**AIM OF THE TASK**: Check every line below, and copy those that include "struct".

**INPUT**:
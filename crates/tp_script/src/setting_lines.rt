//! The settings of a head, each a line of its own.
ghost use Rattle.std.specs.Prelude.{◌≡◌, ◌≤◌, map, IfOk};
ghost use Rattle.tp_script.specs.Grammar.{limit_line, rows_line, setting_at, spare_line, units_line};
ghost use Rattle.tp_script.specs.LineWords.{of_one_word};
ghost use Rattle.tp_script.specs.Reading.{Gives, GivesHead};
ghost use Rattle.tp_script.specs.Script.{head_view};

use crate::fault::{LineError, LineFault};
use crate::head::Head;
use crate::line_words::{number_at, one};
use tp_model::types::{MAX_ATTEMPTS, MAX_BLOCKS, MAX_PART_ROWS, MAX_UNITS};

impl Head {
    // A setting comes before servers, and is `least` to `most`.
    #[tactic(auto, unfolding(crate::specs::Grammar::setting_at))]
    fn setting_at(&self, word: &[u8], least: u16, most: u16) -> Result<u16, LineError>
        ensures gives { Gives (λ n. n) result (setting_at least most word.now (head_view self.now)) }
        ensures bounds { IfOk result (λ n. (least ≤ n) × (n ≤ most)) }
    {
        if !self.servers.is_empty() {
            return Err(LineFault::Order.into());
        }
        let n = number_at(word, u64::MAX)?;
        if !(u64::from(least)..=u64::from(most)).contains(&n) {
            return Err(LineFault::BadLimits.into());
        }
        Ok(n as u16)
    }

    // `rows N`
    #[tactic(auto, unfolding(crate::specs::Grammar::rows_line))]
    pub(crate) fn rows_line(&mut self, words: &[&[u8]]) -> Result<(), LineError>
        ensures gives { GivesHead self.new result
            (of_one_word (λ w. rows_line w (head_view self.old)) (map (λ x. x.now) words.now)) }
    {
        self.settings.rows = self.setting_at(one(words)?, 1, MAX_PART_ROWS)?;
        Ok(())
    }

    // `units N`
    #[tactic(auto, unfolding(crate::specs::Grammar::units_line))]
    pub(crate) fn units_line(&mut self, words: &[&[u8]]) -> Result<(), LineError>
        ensures gives { GivesHead self.new result
            (of_one_word (λ w. units_line w (head_view self.old)) (map (λ x. x.now) words.now)) }
    {
        self.settings.units = self.setting_at(one(words)?, 1, MAX_UNITS)?;
        Ok(())
    }

    // `limit N`
    #[tactic(auto, unfolding(crate::specs::Grammar::limit_line))]
    pub(crate) fn limit_line(&mut self, words: &[&[u8]]) -> Result<(), LineError>
        ensures gives { GivesHead self.new result
            (of_one_word (λ w. limit_line w (head_view self.old)) (map (λ x. x.now) words.now)) }
    {
        self.settings.attempts = self.setting_at(one(words)?, 1, u16::from(MAX_ATTEMPTS))? as u8;
        Ok(())
    }

    // `spare S`
    #[tactic(auto, unfolding(crate::specs::Grammar::spare_line))]
    pub(crate) fn spare_line(&mut self, words: &[&[u8]]) -> Result<(), LineError>
        ensures gives { GivesHead self.new result
            (of_one_word (λ w. spare_line w (head_view self.old)) (map (λ x. x.now) words.now)) }
    {
        self.settings.spare = self.setting_at(one(words)?, 0, MAX_BLOCKS)?;
        Ok(())
    }
}
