//! The lines that make servers.
ghost use Rattle.tp_model.specs.declared.types.TheConstants.{MAX_OUTPUTS};
ghost use Rattle.std.specs.Prelude.{◌≡◌, ◌≤◌, ◌<◌, map, length, IfOk, IfSome, OnOk, position, vec_len};
ghost use Rattle.std.specs.Prelude.{string_bytes, replicate, Ok, is_ok};
ghost use Rattle.std.specs.Str.{bytes_eq};
ghost use Rattle.tp_server.specs.Check.{check_of};
ghost use Rattle.tp_script.specs.LineWords.{of_three_words};
ghost use Rattle.tp_script.specs.Reading.{Gives, GivesHead, shape_view};
ghost use Rattle.tp_script.specs.Script.{head_view, server_view};
ghost use Rattle.tp_script.specs.ServerLines.{new_name, server_at, shape_at};
ghost use Rattle.tp_script.specs.ServerLines.{recipe_at, registers_for};
ghost use Rattle.tp_script.specs.ServerLines.{server_line, server_said, with_server, with_start, begin_at};
ghost use Rattle.tp_script.specs.ServerLines.{start_line};
ghost use Rattle.tp_script.specs.declared.script.TheConstants.{MAX_SERVERS};

use crate::fault::{LineError, LineFault};
use crate::head::Head;
use crate::line_words::{
    act_at, all_outputs, is_name, kind_at, name_text, number_at, outputs_at, three,
};
use crate::script::{Kind, MAX_SERVERS, ScriptServer};
use std::alloc::Global;
use std::string::String;
use tp_model::types::MAX_OUTPUTS;
use tp_server::{Act, Recipe, Registers};

/// The words of a server line, each in its place.
#[derive(Clone, Copy)]
pub(crate) struct Shape<'a> {
    name: &'a [u8],
    kind: Kind,
    stage: &'a [u8],
    registers: &'a [u8],
    act: Act,
    word: u8,
    outputs: &'a [&'a [u8]],
}

/// NAME KIND STAGE REGISTERS ACT OUT..
#[tactic(auto, unfolding(crate::specs::ServerLines::shape_at))]
pub(crate) fn shape_at<'a>(alloc: Global, words: &'a [&'a [u8]]) -> Result<Shape<'a>, LineError>
    ensures gives { Gives shape_view result (shape_at (map (λ x. x.now) words.now)) }
    ensures few { IfOk result (λ shape. length shape.outputs.now ≤ MAX_OUTPUTS) }
{
    let [name, kind, stage, registers, act, outputs @ ..] = words else {
        return Err(LineFault::Syntax.into());
    };
    let kind = kind_at(kind)?;
    let (act, word) = act_at(alloc, act)?;
    if outputs.len() > MAX_OUTPUTS || !all_outputs(outputs) {
        return Err(LineFault::Syntax.into());
    }
    Ok(Shape {
        name,
        kind,
        stage,
        registers,
        act,
        word,
        outputs,
    })
}

// The numbers of a server line.
#[tactic(auto, unfolding(crate::specs::ServerLines::recipe_at))]
fn recipe_at(alloc: Global, shape: &Shape<'_>) -> Result<Recipe, LineError>
    requires { length shape.now.outputs.now ≤ MAX_OUTPUTS }
    ensures { Gives (λ r. r) result (recipe_at (shape_view shape.now)) }
{
    let stage = number_at(shape.stage, 255)? as u8;
    let registers = number_at(shape.registers, 255)? as u8;
    let outputs = outputs_at(alloc, shape.outputs)?;
    let act = shape.act;
    let word = shape.word;
    Ok(Recipe {
        stage,
        registers,
        act,
        word,
        outputs,
    })
}

// The registers of a good recipe, all zero.
#[tactic(auto, unfolding(crate::specs::ServerLines::registers_for))]
fn registers_for(recipe: &Recipe) -> Result<Registers, LineError>
    ensures gives { Gives (λ r. r) result (registers_for recipe.now) }
    ensures checked { OnOk result (check_of recipe.now ≡ Ok tt) }
    ensures counted { IfOk result (λ r. length r ≡ recipe.now.registers) }
{
    match recipe.check() {
        Ok(()) => match Registers::new(recipe.registers) {
            Some(registers) => Ok(registers),
            None => unreachable!(),
        },
        Err(_) => Err(LineFault::BadRecipe.into()),
    }
}

impl Head {
    // The place of the server of this name in memory.
    fn find(&self, name: &[u8]) -> Option<usize>
        ensures found { result ≡ position (λ server.
            bytes_eq (string_bytes server.name) name.now) self.now.servers.items }
        ensures within { IfSome result (λ i. i < vec_len self.now.servers) }
    {
        self.servers
            .iter()
            .position(|server| server.name.as_bytes() == name)
    }

    // The same in the head as contracts see it: names are their bytes there.
    fn place(&self, name: &[u8]) -> Option<usize>
        ensures found { result ≡ position (λ server. bytes_eq server.name name.now)
            (head_view self.now).servers }
        ensures within { IfSome result (λ i. i < vec_len self.now.servers) }
    {
        self.find(name)
    }

    /// The place of the server of this name.
    pub(crate) fn server_at(&self, name: &[u8]) -> Result<usize, LineError>
        ensures gives { Gives (λ x. x) result (server_at name.now (head_view self.now)) }
        ensures within { IfOk result (λ i. i < vec_len self.now.servers) }
    {
        match self.place(name) {
            Some(i) => Ok(i),
            None => Err(LineFault::BadName.into()),
        }
    }

    // A name that no server has.
    #[tactic(auto, unfolding(crate::specs::ServerLines::new_name))]
    fn new_name(&self, alloc: Global, name: &[u8]) -> Result<String, LineError>
        ensures { Gives (λ x. string_bytes x) result (new_name name.now (head_view self.now)) }
    {
        if !is_name(name) || self.place(name).is_some() {
            return Err(LineFault::BadName.into());
        }
        Ok(String::from_str(alloc, name_text(name))?)
    }

    // Adds a server.
    fn with_server(&mut self, server: ScriptServer) -> Result<(), LineError>
        requires { vec_len self.old.servers < MAX_SERVERS }
        ensures gives { GivesHead self.new result
            (Ok (with_server (server_view server) (head_view self.old))) }
    {
        self.servers.push(server)?;
        Ok(())
    }

    // The server that such words make, where there is room for it.
    #[tactic(auto, unfolding(crate::specs::ServerLines::server_said))]
    fn server_said(&self, alloc: Global, words: &[&[u8]]) -> Result<ScriptServer, LineError>
        ensures gives { Gives server_view result (server_said (map (λ x. x.now) words.now)
            (head_view self.now)) }
        ensures room { IfOk result (λ _. vec_len self.now.servers < MAX_SERVERS) }
    {
        let shape = shape_at(alloc, words)?;
        let name = self.new_name(alloc, shape.name)?;
        let recipe = recipe_at(alloc, &shape)?;
        if self.servers.len() >= MAX_SERVERS {
            return Err(LineFault::BadLimits.into());
        }
        let registers = registers_for(&recipe)?;
        let kind = shape.kind;
        Ok(ScriptServer {
            name,
            kind,
            recipe,
            registers,
        })
    }

    /// `server NAME KIND STAGE REGISTERS ACT OUT..`
    #[tactic(auto, unfolding(crate::specs::ServerLines::server_line))]
    pub(crate) fn server_line(&mut self, alloc: Global, words: &[&[u8]]) -> Result<(), LineError>
        ensures gives { GivesHead self.new result (server_line (map (λ x. x.now) words.now)
            (head_view self.old)) }
    {
        let server = self.server_said(alloc, words)?;
        self.with_server(server)
    }

    /// `start NAME K V`
    #[tactic(auto, unfolding(crate::specs::ServerLines::start_line))]
    pub(crate) fn start_line(&mut self, words: &[&[u8]]) -> Result<(), LineError>
        ensures gives { GivesHead self.new result
            (of_three_words (λ w. start_line w (head_view self.old)) (map (λ x. x.now) words.now)) }
    {
        let (name, k, v) = three(words)?;
        if !is_name(name) {
            return Err(LineFault::BadName.into());
        }
        let server = self.server_at(name)?;
        let k = number_at(k, u64::MAX)?;
        let v = number_at(v, u64::MAX)?;
        self.begin_at(server, k, v)
    }

    // Register k of the server at a place begins with v.
    fn begin_at(&mut self, place: usize, k: u64, v: u64) -> Result<(), LineError>
        requires { place < vec_len self.old.servers }
        ensures gives { GivesHead self.new result (begin_at place k v (head_view self.old)) }
    {
        self.servers[place].begin(k, v)
    }
}

impl ScriptServer {
    // Register k begins with v.
    #[tactic(auto, unfolding(crate::specs::ServerLines::with_start))]
    fn begin(&mut self, k: u64, v: u64) -> Result<(), LineError>
        ensures gives { Gives (λ _. server_view self.new) result (with_start k v (server_view self.old)) }
    {
        if k >= u64::from(self.registers.len()) {
            return Err(LineFault::BadRecipe.into());
        }
        self.registers.set(k, v);
        Ok(())
    }
}
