//! The first words of lines.
ghost use Rattle.std.specs.Prelude.{◌≡◌};
ghost use Rattle.tp_script.specs.Keyword.{keyword};

use crate::script::DeskAct;

/// What a line is, by its first word.
#[derive(Clone, Copy)]
pub enum Keyword {
    Rows,
    Units,
    Limit,
    Spare,
    Server,
    Start,
    /// The line is a command.
    Do(Verb),
    /// The line asks for a race.
    Race,
    /// The line asks for a drain.
    Drain,
    /// The line asks for a rollover.
    Rollover,
    /// The line asks for the account.
    Account,
}

/// What a command is, by its first word.
#[derive(Clone, Copy)]
pub enum Verb {
    Submit,
    Kill,
    Cancel,
    Requeue,
    Release,
    Read,
    Reply,
    Collect,
    Family,
    Errors,
    Count,
    /// A server's desk does this.
    Desk(DeskAct),
    Take,
    Balance,
    Sum,
}

/// The first words that lines may have: how each is written, and what the line is.
const FIRST_WORDS: [(&str, Keyword); 31] = [
    ("rows", Keyword::Rows),
    ("units", Keyword::Units),
    ("limit", Keyword::Limit),
    ("spare", Keyword::Spare),
    ("server", Keyword::Server),
    ("start", Keyword::Start),
    ("submit", Keyword::Do(Verb::Submit)),
    ("turn", Keyword::Do(Verb::Desk(DeskAct::Turn))),
    ("reply", Keyword::Do(Verb::Reply)),
    ("claim", Keyword::Do(Verb::Desk(DeskAct::Claim))),
    ("next", Keyword::Do(Verb::Desk(DeskAct::Next))),
    ("take", Keyword::Do(Verb::Take)),
    ("prepare", Keyword::Do(Verb::Desk(DeskAct::Prepare))),
    ("commit", Keyword::Do(Verb::Desk(DeskAct::Commit))),
    ("abort", Keyword::Do(Verb::Desk(DeskAct::Abort))),
    ("drop", Keyword::Do(Verb::Desk(DeskAct::Drop))),
    ("kill", Keyword::Do(Verb::Kill)),
    ("cancel", Keyword::Do(Verb::Cancel)),
    ("requeue", Keyword::Do(Verb::Requeue)),
    ("release", Keyword::Do(Verb::Release)),
    ("collect", Keyword::Do(Verb::Collect)),
    ("family", Keyword::Do(Verb::Family)),
    ("read", Keyword::Do(Verb::Read)),
    ("errors", Keyword::Do(Verb::Errors)),
    ("balance", Keyword::Do(Verb::Balance)),
    ("sum", Keyword::Do(Verb::Sum)),
    ("count", Keyword::Do(Verb::Count)),
    ("race", Keyword::Race),
    ("drain", Keyword::Drain),
    ("rollover", Keyword::Rollover),
    ("account", Keyword::Account),
];

impl Keyword {
    /// What a line of this first word is.
    pub fn of(word: &[u8]) -> Option<Keyword>
        ensures { result ≡ keyword word.now }
    {
        let row = FIRST_WORDS
            .iter()
            .find(|row| row.0.as_bytes() == word)
            .copied()?;
        Some(row.1)
    }
}
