//! The command lines.
ghost use Rattle.std.specs.Prelude.{◌<◌, ◌≤◌, ℕ, map, vec_len, IfOk};
ghost use Rattle.tp_model.specs.declared.types.TheConstants.{MAX_STAGE};
ghost use Rattle.tp_script.specs.Commands.{server_named, one_server, one_id, submit_at, submit_body};
ghost use Rattle.tp_script.specs.Commands.{submit_words};
ghost use Rattle.tp_script.specs.Commands.{balance_at, command_at, drain_at};
ghost use Rattle.tp_script.specs.Commands.{race_at, race_said, race_words, rollover_at, stage_at, take_at};
ghost use Rattle.tp_script.specs.Ranges.{IsActInRange, IsInRange, IsRaceInRange};
ghost use Rattle.tp_script.specs.Reading.{Gives, submit_view, race_view};
ghost use Rattle.tp_script.specs.Script.{head_view};

use crate::fault::{LineError, LineFault};
use crate::head::{Act, Head};
use crate::keyword::Verb;
use crate::line_words::{body_of, is, is_name, none, number_at, one, two};
use crate::script::{ClientAct, Command, DeskAct, Race};
use tp_model::types::{Body, MAX_PART_ROWS, MAX_PASSES, MAX_STAGE};

// The one word, an id.
#[tactic(auto, unfolding(crate::specs::Commands::one_id))]
fn one_id(words: &[&[u8]]) -> Result<u32, LineError>
    ensures { Gives (λ n. n) result (one_id (map (λ x. x.now) words.now)) }
{
    let id = number_at(one(words)?, u64::from(u32::MAX))?;
    Ok(id as u32)
}

// The words of a submit line, each in its place.
#[derive(Clone, Copy)]
struct SubmitWords<'a> {
    stage: &'a [u8],
    key: &'a [u8],
    amount: &'a [u8],
    word_two: &'a [u8],
    word_three: &'a [u8],
}

// STAGE KEY AMOUNT, with words 2 and 3 of the body after; missing ones are 0.
fn submit_words<'a>(words: &[&'a [u8]]) -> Result<SubmitWords<'a>, LineError>
    ensures { Gives submit_view result (submit_words (map (λ x. x.now) words.now)) }
{
    let (stage, key, amount, word_two, word_three) = match words {
        [stage, key, amount] => (stage, key, amount, b"0".as_slice(), b"0".as_slice()),
        [stage, key, amount, two] => (stage, key, amount, *two, b"0".as_slice()),
        [stage, key, amount, two, three] => (stage, key, amount, *two, *three),
        _ => return Err(LineFault::Syntax.into()),
    };
    Ok(SubmitWords {
        stage,
        key,
        amount,
        word_two,
        word_three,
    })
}

impl SubmitWords<'_> {
    // The body that they say.
    fn body(self) -> Result<Body, LineError>
        ensures { Gives (λ body. body) result (submit_body (submit_view self.entry)) }
    {
        body_of((self.key, self.amount, self.word_two, self.word_three))
    }
}

// `submit STAGE KEY AMOUNT W2 W3`
#[tactic(auto, unfolding(crate::specs::Commands::submit_at))]
fn submit_at(words: SubmitWords<'_>) -> Result<Command, LineError>
    ensures gives { Gives (λ c. c) result (submit_at (submit_view words.entry)) }
    ensures in_range { IfOk result (λ c. (servers : ℕ) → IsInRange servers c) }
{
    let stage = number_at(words.stage, 255)? as u8;
    let body = words.body()?;
    Ok(Command::Client(ClientAct::Submit { stage, body }))
}

// The words of a race line, each in its place.
#[derive(Clone, Copy)]
struct RaceWords<'a> {
    clients: &'a [u8],
    submits: &'a [u8],
    stage: &'a [u8],
    key: &'a [u8],
    amount: &'a [u8],
    killers: &'a [u8],
    turns: &'a [u8],
}

// CLIENTS SUBMITS STAGE KEY AMOUNT KILLERS TURNS
fn race_words<'a>(words: &[&'a [u8]]) -> Result<RaceWords<'a>, LineError>
    ensures { Gives race_view result (race_words (map (λ x. x.now) words.now)) }
{
    let [clients, submits, stage, key, amount, killers, turns] = words else {
        return Err(LineFault::Syntax.into());
    };
    Ok(RaceWords {
        clients,
        submits,
        stage,
        key,
        amount,
        killers,
        turns,
    })
}

// A stage that clients may submit to.
#[tactic(auto, unfolding(crate::specs::Commands::stage_at))]
fn stage_at(word: &[u8]) -> Result<u8, LineError>
    ensures gives { Gives (λ n. n) result (stage_at word.now) }
    ensures bounds { IfOk result (λ n. (1 ≤ n) × (n ≤ MAX_STAGE)) }
{
    let stage = number_at(word, u64::from(MAX_STAGE))?;
    if stage < 1 {
        return Err(LineFault::BadNumber.into());
    }
    Ok(stage as u8)
}

// The race that they say.
#[tactic(auto, unfolding(crate::specs::Commands::race_at))]
fn race_at(words: RaceWords<'_>) -> Result<Race, LineError>
    ensures gives { Gives (λ race. race) result (race_at (race_view words.entry)) }
    ensures in_range { IfOk result IsRaceInRange }
{
    let clients = number_at(words.clients, u64::from(MAX_PASSES) - 1)? as u8;
    let submits = number_at(words.submits, u64::from(MAX_PART_ROWS))? as u16;
    let stage = stage_at(words.stage)?;
    let key = number_at(words.key, u64::MAX)?;
    let amount = number_at(words.amount, u64::MAX)?;
    let killers = number_at(words.killers, u64::from(MAX_PASSES) - 1)? as u8;
    let turns = number_at(words.turns, 10_000)? as u16;
    Ok(Race {
        clients,
        submits,
        stage,
        key,
        amount,
        killers,
        turns,
    })
}

/// `race CLIENTS SUBMITS STAGE KEY AMOUNT KILLERS TURNS`
#[tactic(auto, unfolding(crate::specs::Commands::race_said))]
pub(crate) fn race_said(words: &[&[u8]]) -> Result<Act, LineError>
    ensures gives { Gives (λ a. a) result (race_said (map (λ x. x.now) words.now)) }
    ensures in_range { (servers : ℕ) → IfOk result (IsActInRange servers) }
{
    let race = race_at(race_words(words)?)?;
    Ok(Act::Race(race))
}

/// `drain` or `drain next`
pub(crate) fn drain_at(words: &[&[u8]]) -> Result<Act, LineError>
    ensures gives { Gives (λ a. a) result (drain_at (map (λ x. x.now) words.now)) }
    ensures in_range { (servers : ℕ) → IfOk result (IsActInRange servers) }
{
    match words {
        [] => Ok(Act::Drain),
        [word] => {
            if is(word, "next") {
                Ok(Act::DrainNext)
            } else {
                Err(LineFault::Syntax.into())
            }
        }
        _ => Err(LineFault::Syntax.into()),
    }
}

/// `rollover`
pub(crate) fn rollover_at(words: &[&[u8]]) -> Result<Act, LineError>
    ensures gives { Gives (λ a. a) result (rollover_at (map (λ x. x.now) words.now)) }
    ensures in_range { (servers : ℕ) → IfOk result (IsActInRange servers) }
{
    none(words)?;
    Ok(Act::Rollover)
}

impl Head {
    // The server of this name.
    #[tactic(auto, unfolding(crate::specs::Commands::server_named))]
    fn named(&self, name: &[u8]) -> Result<usize, LineError>
        ensures gives { Gives (λ n. n) result (server_named name.now (head_view self.now)) }
        ensures within { IfOk result (λ n. n < vec_len self.now.servers) }
    {
        if !is_name(name) {
            return Err(LineFault::BadName.into());
        }
        self.server_at(name)
    }

    // The one word, a server.
    #[tactic(auto, unfolding(crate::specs::Commands::one_server))]
    fn one_server(&self, words: &[&[u8]]) -> Result<usize, LineError>
        ensures gives { Gives (λ n. n) result (one_server (map (λ x. x.now) words.now)
            (head_view self.now)) }
        ensures within { IfOk result (λ n. n < vec_len self.now.servers) }
    {
        self.named(one(words)?)
    }

    // `take NAME ID`
    #[tactic(auto, unfolding(crate::specs::Commands::take_at))]
    fn take_at(&self, words: (&[u8], &[u8])) -> Result<Command, LineError>
        ensures gives { Gives (λ c. c) result (take_at (words.entry.0.now, words.entry.1.now)
            (head_view self.now)) }
        ensures in_range { IfOk result (λ c. IsInRange (vec_len self.now.servers) c) }
    {
        let server = self.named(words.0)?;
        let id = number_at(words.1, u64::from(u32::MAX))? as u32;
        let act = DeskAct::Take { id };
        Ok(Command::Desk { server, act })
    }

    // `balance NAME K`
    #[tactic(auto, unfolding(crate::specs::Commands::balance_at))]
    fn balance_at(&self, words: (&[u8], &[u8])) -> Result<Command, LineError>
        ensures gives { Gives (λ c. c) result (balance_at (words.entry.0.now, words.entry.1.now)
            (head_view self.now)) }
        ensures in_range { IfOk result (λ c. IsInRange (vec_len self.now.servers) c) }
    {
        let server = self.named(words.0)?;
        let k = number_at(words.1, u64::MAX)?;
        Ok(Command::Balance { server, k })
    }

    /// The command of this first word, with the words after it.
    #[tactic(auto, unfolding(crate::specs::Commands::command_at))]
    pub(crate) fn command_at(&self, verb: Verb, words: &[&[u8]]) -> Result<Command, LineError>
        ensures gives { Gives (λ c. c) result (command_at verb (map (λ x. x.now) words.now)
            (head_view self.now)) }
        ensures in_range { IfOk result (λ c. IsInRange (vec_len self.now.servers) c) }
    {
        match verb {
            Verb::Submit => submit_at(submit_words(words)?),
            Verb::Kill => Ok(Command::Client(ClientAct::Kill { id: one_id(words)? })),
            Verb::Cancel => Ok(Command::Client(ClientAct::Cancel {
                root: one_id(words)?,
            })),
            Verb::Requeue => Ok(Command::Client(ClientAct::Requeue { id: one_id(words)? })),
            Verb::Release => Ok(Command::Client(ClientAct::Release { id: one_id(words)? })),
            Verb::Read => Ok(Command::Client(ClientAct::Read { id: one_id(words)? })),
            Verb::Reply => Ok(Command::Client(ClientAct::Reply {
                root: one_id(words)?,
            })),
            Verb::Collect => Ok(Command::Client(ClientAct::Collect {
                root: one_id(words)?,
            })),
            Verb::Family => Ok(Command::Client(ClientAct::Family {
                root: one_id(words)?,
            })),
            Verb::Errors => {
                none(words)?;
                Ok(Command::Client(ClientAct::Errors))
            }
            Verb::Count => {
                none(words)?;
                Ok(Command::Client(ClientAct::Count))
            }
            Verb::Desk(act) => Ok(Command::Desk {
                server: self.one_server(words)?,
                act,
            }),
            Verb::Take => self.take_at(two(words)?),
            Verb::Balance => self.balance_at(two(words)?),
            Verb::Sum => Ok(Command::Sum {
                k: number_at(one(words)?, u64::MAX)?,
            }),
        }
    }
}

**EXERCISE SOLUTION**:
pub(crate) struct Shape<'a> {
struct SubmitWords<'a> {
struct RaceWords<'a> {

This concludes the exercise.